One day, he spoke up.
“Listen, I’m tired of you guys asking me about Las Vegas,” he said. “You know colored people can’t go to the hotels there or the casinos. It’s a thorn in my side, so don’t ask me about that.”
The doctors fell silent. “That embarrassed all those who heard it,” Robert remembered years later. “They had a guilt feeling that they were a part of that. This is the way I perceived it anyway. Maybe they didn’t give a nickel. I don’t know.”
The doctors stopped asking him about Vegas, but that didn’t mean he stopped thinking about it, wishing for it.
Over time, Robert began hearing rumors about blacks protesting their exclusion from Las Vegas and that the city might be opening up. He went to two doctor friends of his, one a brother of his classmate Dr.
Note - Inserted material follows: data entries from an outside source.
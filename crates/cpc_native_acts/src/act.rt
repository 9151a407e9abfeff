//! A step of a frame.
ghost use Rattle.std.specs.Prelude.{◌≡◌, true, false, length, option_map, IfOk, OnErr};
ghost use Rattle.cpc_tree.specs.Erase.{Names as Texts, type_of};
ghost use Rattle.cpc_check_rules.specs.Apart.{AreApart, Spells};
ghost use Rattle.cpc_tree.specs.Typing.{function_named};
ghost use Rattle.cpc_meaning.specs.Answer.{needed};
ghost use Rattle.cpc_meaning.specs.Eval as E;
ghost use Rattle.cpc_store.specs.Seen.{seen, IsLawful};
ghost use Rattle.cpc_meaning.specs.Act as M;
ghost use Rattle.cpc_eval_values.specs.Shown.{value_of, store_of};
ghost use Rattle.cpc_eval.specs.Spots.{AreLawful};
ghost use Rattle.cpc_native_frames.specs.Frames.{IsWellFrame, RiseFrom};
ghost use Rattle.cpc_native_frames.specs.Made.{slots_of};
ghost use Rattle.cpc_native_acts.specs.Deeds.{Plans, did, enters_deed, takes_call, IsLawfulDeed, IsServedDeed, IsTakenDeed};
ghost use Rattle.cpc_native_plans.specs.Stops.{MeetsOr, wants_memory};
ghost use Rattle.cpc_eval_index.specs.Indexed.{items_of, IsOwn};
ghost use Rattle.cpc_native_acts.specs.Acts.{acted, called, enters_act, function_shown, is_call_stood, IsLawfulAct, IsLawfulIf, EntersOwn, AsksServed, AsksTaken, Keeps};
ghost use Rattle.cpc_native_stood.specs.Stood.{stood_of, context_in, IsTexts, IsServing};

use crate::deeds::{Deed, arrives, found};
use crate::writing::write;
use cpc_base::{Name, Names, Stop};
use cpc_eval::{Around, Slot};
use cpc_eval_index::Index;
use cpc_native_builtins::Call;
use cpc_native_frames::{Frame, leave};
use cpc_native_plans::stopped;
use cpc_native_points::{Phase, standing};
use cpc_num::Fault;
use cpc_store::{Store, Value};
use cpc_tree::program::Function;
use std::alloc::Global;

/// What a step of a frame comes to, apart from where control goes.
#[derive(Drop)]
pub enum Act<'p> {
    /// Control goes on, as a test there holds or not.
    GoesOn(bool),
    /// A function is entered with these arguments.
    Enters(&'p Function, Vec<Value>),
    /// The function is left with this value, its blocks freed.
    Leaves(Value),
    /// The machine is asked.
    Asks(Call, Vec<Value>),
}

// What is to be done where a frame stands, where this value is arriving.
#[tactic(auto, using(cpc_native_plans::proofs::Stopping::never_called))]
fn planned(
    alloc: Global,
    index: &Index<'_>,
    texts: &Names,
    frame: &Frame<'_>,
    store: &Store,
    arriving: Option<Value>,
) -> Result<Deed, Stop<Fault>>
    requires well { IsWellFrame index.now frame.now }
    requires arriving { IsLawfulIf arriving }
    ensures value { (names : Texts) → IsTexts names index.now texts.now frame.now → IsServing names index.now frame.now
        → Plans names (context_in names index.now frame.now store.now) result (M.act (context_in names index.now frame.now store.now) (type_of names frame.now.function.now.result) (option_map (value_of names) arriving) (stood_of names frame.now)) }
    ensures lawful { IfOk result (λ d. IsLawfulDeed d) }
    ensures served { IfOk result (λ d. (names : Texts) → Spells texts.now names → IsServing names index.now frame.now → IsServedDeed d) }
    ensures takes { IfOk result (λ d. IsTakenDeed d) }
    ensures call { (names : Texts) → takes_call result ≡ true → is_call_stood (stood_of names frame.now) ≡ true }
{
    let around = Around {
        index,
        function: frame.function,
        path: &frame.point.path,
        slots: &frame.slots,
        store,
    };
    match frame.point.phase {
        Phase::Here => {
            let there = standing(&frame.function.body, &frame.point.path);
            found(alloc, &frame.function.result, there, &around, texts)
        }
        Phase::Arrival => match arriving {
            Some(value) => {
                let there = standing(&frame.function.body, &frame.point.path);
                arrives(alloc, there, value, &around)
            }
            None => Err(Stop::Fault(Fault::Kind)),
        },
        Phase::End => Ok(Deed::Leaves(Value::Unset)),
    }
}

// The function of a name.
#[tactic(auto, using(cpc_native_plans::proofs::Stopping::wants_stopped))]
fn entered<'p>(index: &Index<'p>, name: Name) -> Result<&'p Function, Stop<Fault>>
    ensures value { (names : Texts) → AreApart names → MeetsOr (function_shown names result) (needed (function_named (items_of names index.now) (names name))) }
    ensures own { IfOk result (λ function. IsOwn index.now function.now) }
    ensures memory { wants_memory result ≡ false }
{
    match index.function(name) {
        Some(function) => Ok(function),
        None => Err(Stop::Fault(Fault::Code)),
    }
}

// Does what is to be done.
#[tactic(auto, using(cpc_native_plans::proofs::Stopping::wants_stopped))]
fn perform<'p>(
    index: &Index<'p>,
    deed: Deed,
    slots: &mut [Slot],
    store: &mut Store,
) -> Result<Act<'p>, Stop<Fault>>
    requires deed { IsLawfulDeed deed }
    requires slots { AreLawful slots.old }
    requires rise { RiseFrom 0 slots.old }
    requires takes { IsTakenDeed deed }
    ensures value { (names : Texts) (c : E.Context) → AreApart names → c.program ≡ items_of names index.now → c.slots ≡ slots_of names slots.old → c.store ≡ store_of names store.old
        → MeetsOr (acted names slots.new store.new result) (did names c deed) }
    ensures lawful_slots { AreLawful slots.new }
    ensures rise { RiseFrom 0 slots.new }
    ensures slots { OnErr result (slots.new ≡ slots.old) }
    ensures store { OnErr result (store.new ≡ store.old) }
    ensures slots_kept { IfOk result (λ act. Keeps act slots.old slots.new) }
    ensures store_kept { IfOk result (λ act. Keeps act store.old store.new) }
    ensures lawful { IfOk result (λ act. IsLawfulAct act) }
    ensures own { IfOk result (λ act. EntersOwn index.now act) }
    ensures asked { IfOk result (λ act. IsServedDeed deed → AsksServed act) }
    ensures takes { IfOk result (λ act. AsksTaken act) }
    ensures memory { wants_memory result ≡ false }
    ensures enters { IfOk result (λ act. enters_act act ≡ enters_deed deed) }
{
    match deed {
        Deed::Passes(holds) => Ok(Act::GoesOn(holds)),
        Deed::Writes(spot, value) => {
            stopped(write(slots, store, spot, value))?;
            Ok(Act::GoesOn(true))
        }
        Deed::Enters(name, row) => {
            let function = entered(index, name)?;
            Ok(Act::Enters(function, row))
        }
        Deed::Leaves(value) => {
            stopped(leave(slots, store))?;
            Ok(Act::Leaves(value))
        }
        Deed::Asks(call, row) => Ok(Act::Asks(call, row)),
    }
}

/// A step of a frame, where this value is arriving. Control stays; it goes on by `cpc_native_points`.
///
/// - `Memory`: want of memory. Only a call, which takes arguments, needs some.
/// - `Fault`: the first fault of the expressions, from left to right, or of what is done with their values: `Code` of a
///   call of a code that is not that of a function of the wanted type, `Freed` and `Bounds` of an assignment, `BadFree`
///   where a block of the call that is left is freed already.
///
/// An error leaves the slots and the store as they were. There are as many slots afterwards as there were. A function is
/// entered at a call alone.
#[tactic(auto, using(cpc_native_plans::proofs::Stopping::never_called))]
pub fn step<'p>(
    alloc: Global,
    index: &Index<'p>,
    texts: &Names,
    frame: &mut Frame<'p>,
    store: &mut Store,
    arriving: Option<Value>,
) -> Result<Act<'p>, Stop<Fault>>
    requires well { IsWellFrame index.now frame.old }
    requires arriving { IsLawfulIf arriving }
    ensures value { (names : Texts) → IsTexts names index.now texts.now frame.old → IsServing names index.now frame.old
        → MeetsOr (acted names frame.new.slots.items store.new result) (M.act (context_in names index.now frame.old store.old) (type_of names frame.old.function.now.result) (option_map (value_of names) arriving) (stood_of names frame.old)) }
    ensures function { frame.new.function ≡ frame.old.function }
    ensures point { frame.new.point ≡ frame.old.point }
    ensures well { IsWellFrame index.now frame.new }
    ensures count { length frame.new.slots.items ≡ length frame.old.slots.items }
    ensures slots { OnErr result (frame.new.slots.items ≡ frame.old.slots.items) }
    ensures store { OnErr result (store.new ≡ store.old) }
    ensures slots_kept { IfOk result (λ act. Keeps act frame.old.slots.items frame.new.slots.items) }
    ensures store_kept { IfOk result (λ act. Keeps act store.old store.new) }
    ensures lawful { IfOk result (λ act. IsLawfulAct act) }
    ensures own { IfOk result (λ act. EntersOwn index.now act) }
    ensures asked { IfOk result (λ act. (names : Texts) → Spells texts.now names → IsServing names index.now frame.old → AsksServed act) }
    ensures takes { IfOk result (λ act. AsksTaken act) }
    ensures call { (names : Texts) → called result ≡ true → is_call_stood (stood_of names frame.old) ≡ true }
{
    let deed = planned(alloc, index, texts, frame, store, arriving)?;
    perform(index, deed, &mut frame.slots, store)
}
Beale back in Houston, and another, Dr. Jackson, who had both gotten into hospital management and seemed always to know the latest.
He asked them what they’d heard about Vegas.
“Is it true that blacks can go there now?”
“I ain’t heard that, Bob,” Dr. Jackson said.
They had, however, heard that there was a colored man in Vegas who people said was helping get colored people into a few of the hotels and casinos.
“I tell you what you do,” Dr. Jackson said. “Why don’t you call Jimmy Gay?”